The hardware costs also include the time taken to load input graphs and read back labels between labelling operations. The hardware is also assumed to be connected to a PC via a 133MByte/sec PCI bus, so hardware performance is limited by the bandwidth required to transfer the graphs. The small number of swap-compares required when w v ≥ 2 mean that the hardware becomes completely IO limited, and for these graphs can only achieve about a ten times speed-up over the quad processor software. However, for w v ≤ 1 the computational load quickly increases to the point where bandwidth is not the limiting factor, and for graph sizes between 12 and 15 the hardware becomes computationally limited. Even before this point is reached the software speed degrades exponentially, so practical speed-ups over 100 times are possible.
Conclusion
This paper has presented an architecture, implementation and evaluation of matrix based canonical labelling in hardware. The raw processing rate of a single hardware labelling unit is approximately 10 times that of a quad processor software implementation, and by utilising multiple labelling units within an FPGA, the raw performance is over 100 times that of software.

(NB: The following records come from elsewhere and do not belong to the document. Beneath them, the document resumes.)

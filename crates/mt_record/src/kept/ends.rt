//! Where byte strings end that lie in one buffer.
ghost use Rattle.std.specs.Prelude.{◌≡◌, ◌<◌, ◌+◌, ◌^◌, ◌++◌, [], ◌∷◌, ℕ, OnOk, OnErr, IfOk, length, get_or};

use mt_words::Memory;
use std::alloc::Global;
use std::marker::Model;

/// A list of numbers. Each takes four bytes, up to the first that needs more.
#[derive(Debug, Drop)]
pub(crate) struct Ends {
    near: Vec<u32>,
    /// The first number above `u32::MAX`, and all after it. Few lists have any.
    far: Vec<usize>,
}

impl Model for Ends {
    ghost use Rattle.std.specs.Prelude.{◌<◌, ◌+◌, ◌^◌, ◌++◌, List, ℕ, length};

    ghost Value = { List ℕ };

    ghost view = { λ e. e.near.items ++ e.far.items };

    ghost invariant = { λ e. length e.near.items + length e.far.items < 2 ^ 64 };
}

impl Ends {
    /// Creates an empty list.
    pub(crate) fn new(alloc: Global) -> Ends
        ensures { result ≡ [] }
    {
        Ends {
            near: Vec::new(alloc),
            far: Vec::new(alloc),
        }
    }

    /// Creates an empty list with room for this many numbers. Err: out of memory.
    pub(crate) fn with_capacity(alloc: Global, numbers: usize) -> Result<Ends, Memory>
        ensures { IfOk result (λ ends. ends ≡ []) }
    {
        Ok(Ends {
            near: Vec::with_capacity(alloc, numbers)?,
            far: Vec::new(alloc),
        })
    }

    /// Removes all numbers.
    pub(crate) fn clear(&mut self)
        ensures { self.new ≡ [] }
    {
        self.near.clear();
        self.far.clear();
    }

    /// Returns how many numbers there are.
    pub(crate) fn len(&self) -> usize
        ensures { result ≡ length self.now }
    {
        self.near.len() + self.far.len()
    }

    /// Returns the number at this place.
    pub(crate) fn get(&self, at: usize) -> usize
        requires { at < length self.now }
        ensures { (d : ℕ) → result ≡ get_or self.now at d }
    {
        let near = self.near.len();
        if at < near {
            return self.near[at] as usize;
        }
        self.far[at - near]
    }

    /// Appends a number. Err: out of memory; nothing is appended.
    #[inline(always)]
    pub(crate) fn push(&mut self, end: usize) -> Result<(), Memory>
        ensures ok { OnOk result (self.new ≡ self.old ++ end ∷ []) }
        ensures err { OnErr result (self.new ≡ self.old) }
    {
        let Ends { near, far } = self;
        if far.len() == 0 && end <= u32::MAX as usize {
            near.reserve(1)?;
            near.push_reserved(end as u32);
            return Ok(());
        }
        push_far(near.len(), far, end)
    }

    /// Removes the last number.
    pub(crate) fn drop_last(&mut self)
        requires { 0 < length self.old }
        ensures { (last : ℕ) × (self.old ≡ self.new ++ last ∷ []) }
    {
        if let Some(_end) = self.far.pop() {
            return;
        }
        let Some(_end) = self.near.pop() else {
            unreachable!();
        };
    }
}

/// Appends a number that comes after `before` others and these. Err: out of memory; nothing is appended. No memory has
/// more numbers than a `usize` counts.
fn push_far(before: usize, far: &mut Vec<usize>, end: usize) -> Result<(), Memory>
    requires { before + length far.old.items < 2 ^ 64 }
    ensures ok { OnOk result (far.new.items ≡ far.old.items ++ end ∷ []) }
    ensures few { OnOk result (before + length far.new.items < 2 ^ 64) }
    ensures err { OnErr result (far.new.items ≡ far.old.items) }
{
    if before + far.len() == usize::MAX {
        return Err(Memory);
    }
    far.reserve(1)?;
    far.push_reserved(end);
    Ok(())
}
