//! Updates as texts in buffers, which are read from the first to the last.
//!
//!     text     the number of bytes after this number, 4 bytes | origin | body
ghost use Rattle.std.specs.Prelude.{◌≡◌, ◌≤◌, ◌<◌, ◌+◌, ◌^◌, ◌++◌, [], ◌∷◌, IfOk, OnOk, OnErr, length, map, take, drop};
ghost use Rattle.byteorder.specs.Endian.{big_number};
ghost use Rattle.mt_words.specs.Walks.{joined};
ghost use Rattle.mt_record.specs.Decoding.{IsChangeBody, update_in};
ghost use Rattle.mt_record.specs.Steps.Texts.{IsUpdateText, update_in_text};
ghost use Rattle.mt_record.specs.Steps.Streams.{texts_in, AreUpdateTexts, IsCountBefore};

use crate::encode::put::put_bytes;
use crate::kept::text::{Text, long, short};
use byteorder::{BigEndian, ByteOrder};
use mt_words::{Memory, Origin};
use std::alloc::Global;
use std::marker::Model;
use std::mem;

/// The number of bytes before a text: its length.
const BEFORE: usize = 4;

/// The number of bytes of a block. It is small enough that the allocator reuses its memory once it is freed.
const BLOCK: usize = 1 << 14;

/// The most texts of all blocks but the last, so that the number of texts fits a `usize`.
const MOST: usize = 1 << 63;

/// Texts, one after another in one buffer, each after its length.
#[derive(Drop)]
struct Block {
    bytes: Vec<u8>,
    texts: usize,
}

impl Model for Block {
    ghost use Rattle.std.specs.Prelude.{List, map};
    ghost use Rattle.mt_words.specs.declared.update.Update.{Update};
    ghost use Rattle.mt_record.specs.Steps.Texts.{update_in_text};
    ghost use Rattle.mt_record.specs.Steps.Streams.{texts_in, AreUpdateTexts};

    ghost Value = { List Update };

    ghost view = { λ b. map update_in_text (texts_in b.texts b.bytes.items) };

    ghost invariant = { λ b. AreUpdateTexts b.texts b.bytes.items };
}

impl Block {
    /// Creates an empty block with room for this many bytes. Err: out of memory.
    fn with_capacity(alloc: Global, bytes: usize) -> Result<Block, Memory>
        ensures { IfOk result (λ block. block ≡ []) }
    {
        Ok(Block {
            bytes: Vec::with_capacity(alloc, bytes)?,
            texts: 0,
        })
    }

    /// Returns the number of texts.
    fn len(&self) -> usize
        ensures value { result ≡ length self.now }
        ensures few { length self.now < 2 ^ 62 }
    {
        self.texts
    }

    /// Returns how many more bytes the block has room for.
    #[inline(always)]
    fn room(&self) -> usize {
        self.bytes.capacity() - self.bytes.len()
    }

    /// Appends a text that is given as its origin and its body. Err: out of memory; nothing is appended.
    #[inline(always)]
    fn push(&mut self, origin: &[u8], body: &[u8]) -> Result<(), Memory>
        requires text { IsUpdateText (origin.now ++ body.now) }
        requires short { length origin.now + length body.now < 2 ^ 32 }
        ensures ok { OnOk result (self.new ≡ self.old ++ update_in_text (origin.now ++ body.now) ∷ []) }
        ensures err { OnErr result (self.new ≡ self.old) }
    {
        let size = origin.len() + body.len();
        self.bytes.reserve(BEFORE + size)?;
        put_bytes(&(size as u32).to_be_bytes(), &mut self.bytes);
        put_bytes(origin, &mut self.bytes);
        put_bytes(body, &mut self.bytes);
        self.texts += 1;
        Ok(())
    }

    /// Appends the texts of the updates to others. Err: out of memory.
    fn add_to<'a>(&'a self, texts: &mut Vec<Text<'a>>) -> Result<(), Memory>
        ensures { OnOk result (texts.new.items ≡ texts.old.items ++ self.now) }
    {
        add_texts(&self.bytes, self.texts, texts)
    }
}

/// A list of updates, each as its text. It lies in blocks. An update is appended to the last one, whose fields stand
/// first: they are all that is read then.
#[derive(Drop)]
pub struct Stream {
    open: Block,
    full: Vec<Block>,
    /// The number of texts of the full blocks.
    before: usize,
}

impl Model for Stream {
    ghost use Rattle.std.specs.Prelude.{List, ◌++◌};
    ghost use Rattle.mt_words.specs.declared.update.Update.{Update};
    ghost use Rattle.mt_words.specs.Walks.{joined};
    ghost use Rattle.mt_record.specs.Steps.Streams.{IsCountBefore};

    ghost Value = { List Update };

    ghost view = { λ s. joined s.full.items ++ s.open };

    ghost invariant = { λ s. IsCountBefore s.full.items s.before };
}

impl Stream {
    /// Creates an empty list. Its first block has room for `bytes` bytes, but no more than other blocks.
    /// Err: out of memory.
    pub fn with_capacity(alloc: Global, bytes: usize) -> Result<Stream, Memory>
        ensures { IfOk result (λ stream. stream ≡ []) }
    {
        Ok(Stream {
            open: Block::with_capacity(alloc, bytes.min(BLOCK))?,
            full: Vec::new(alloc),
            before: 0,
        })
    }

    /// Returns the number of updates.
    pub fn len(&self) -> usize
        ensures { result ≡ length self.now }
    {
        self.before + self.open.len()
    }

    /// Appends the texts of the updates to others. Err: out of memory.
    pub fn add_to<'a>(&'a self, texts: &mut Vec<Text<'a>>) -> Result<(), Memory>
        ensures { OnOk result (texts.new.items ≡ texts.old.items ++ self.now) }
    {
        for block in &self.full {
            block.add_to(texts)?;
        }
        self.open.add_to(texts)
    }

    /// Appends the update with this origin and this body. Err: out of memory; nothing is appended.
    #[inline(always)]
    pub fn push(&mut self, origin: Origin, body: &[u8]) -> Result<(), Memory>
        requires { IsChangeBody body.now }
        ensures ok { OnOk result (self.new ≡ self.old ++ update_in origin body.now ∷ []) }
        ensures err { OnErr result (self.new ≡ self.old) }
    {
        match origin {
            Origin::Checkpoint => self.push_text(&[0], body),
            Origin::Log { log, record } => {
                if log > usize::from(u16::MAX) || record > u64::from(u32::MAX) {
                    return self.push_text(&long(log as u64, record), body);
                }
                self.push_text(&short(log as u16, record as u32), body)
            }
        }
    }

    /// Appends a text that is given as its origin and its body. Err: out of memory; nothing is appended.
    #[inline(always)]
    fn push_text(&mut self, origin: &[u8], body: &[u8]) -> Result<(), Memory>
        requires text { IsUpdateText (origin.now ++ body.now) }
        requires short { length origin.now + length body.now < 2 ^ 32 }
        ensures ok { OnOk result (self.new ≡ self.old ++ update_in_text (origin.now ++ body.now) ∷ []) }
        ensures err { OnErr result (self.new ≡ self.old) }
    {
        let size = BEFORE + origin.len() + body.len();
        if self.open.room() < size {
            begin_block(&mut self.full, &mut self.open, &mut self.before, size)?;
        }
        self.open.push(origin, body)
    }
}

/// Begins a block with room for this many bytes at least. Err: out of memory.
fn begin_block(
    full: &mut Vec<Block>,
    block: &mut Block,
    before: &mut usize,
    size: usize,
) -> Result<(), Memory>
    requires { IsCountBefore full.old.items before.old }
    ensures same { joined full.new.items ++ block.new ≡ joined full.old.items ++ block.old }
    ensures before { IsCountBefore full.new.items before.new }
{
    let count = *before + block.len();
    if count > MOST {
        return Err(Memory);
    }
    let next = Block::with_capacity(*full.allocator(), size.max(BLOCK))?;
    full.reserve(1)?;
    full.push_reserved(mem::replace(block, next));
    *before = count;
    Ok(())
}

/// Appends the first texts of these bytes, this many, to others. Err: out of memory.
fn add_texts<'a>(bytes: &'a [u8], count: usize, texts: &mut Vec<Text<'a>>) -> Result<(), Memory>
    requires { AreUpdateTexts count bytes.now }
    ensures { OnOk result (texts.new.items ≡ texts.old.items ++ map update_in_text (texts_in count bytes.now)) }
{
    let mut rest = bytes;
    for _ in 0..count {
        let (text, after) = first_text(rest);
        texts.push(Text::of_text(text))?;
        rest = after;
    }
    Ok(())
}

/// Returns the first text of these bytes, and the bytes after it.
fn first_text(bytes: &[u8]) -> (&[u8], &[u8])
    requires { 4 + big_number 4 bytes.now ≤ length bytes.now }
    ensures text { result.0.now ≡ take (big_number 4 bytes.now) (drop 4 bytes.now) }
    ensures rest { result.1.now ≡ drop (4 + big_number 4 bytes.now) bytes.now }
{
    let size = BigEndian::read_u32(bytes) as usize;
    bytes[BEFORE..].split_at(size)
}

In a simulation of practical graph labelling, a minimum speed-up of around 10 times is predicted. However, for graphs with few vertex invariants, such as unlabelled graphs, a speed-up of around 100 times is expected. This is important, as it means that the largest speed-up is expected in those cases that are the most computationally expensive in software.
Future work will focus on benchmarking the real-world performance once the hardware labelling unit is integrated into a software application. This will explore the effect that software to hardware bandwidth has on performance, and how to store and transmit graphs to allow efficient processing in both software and hardware.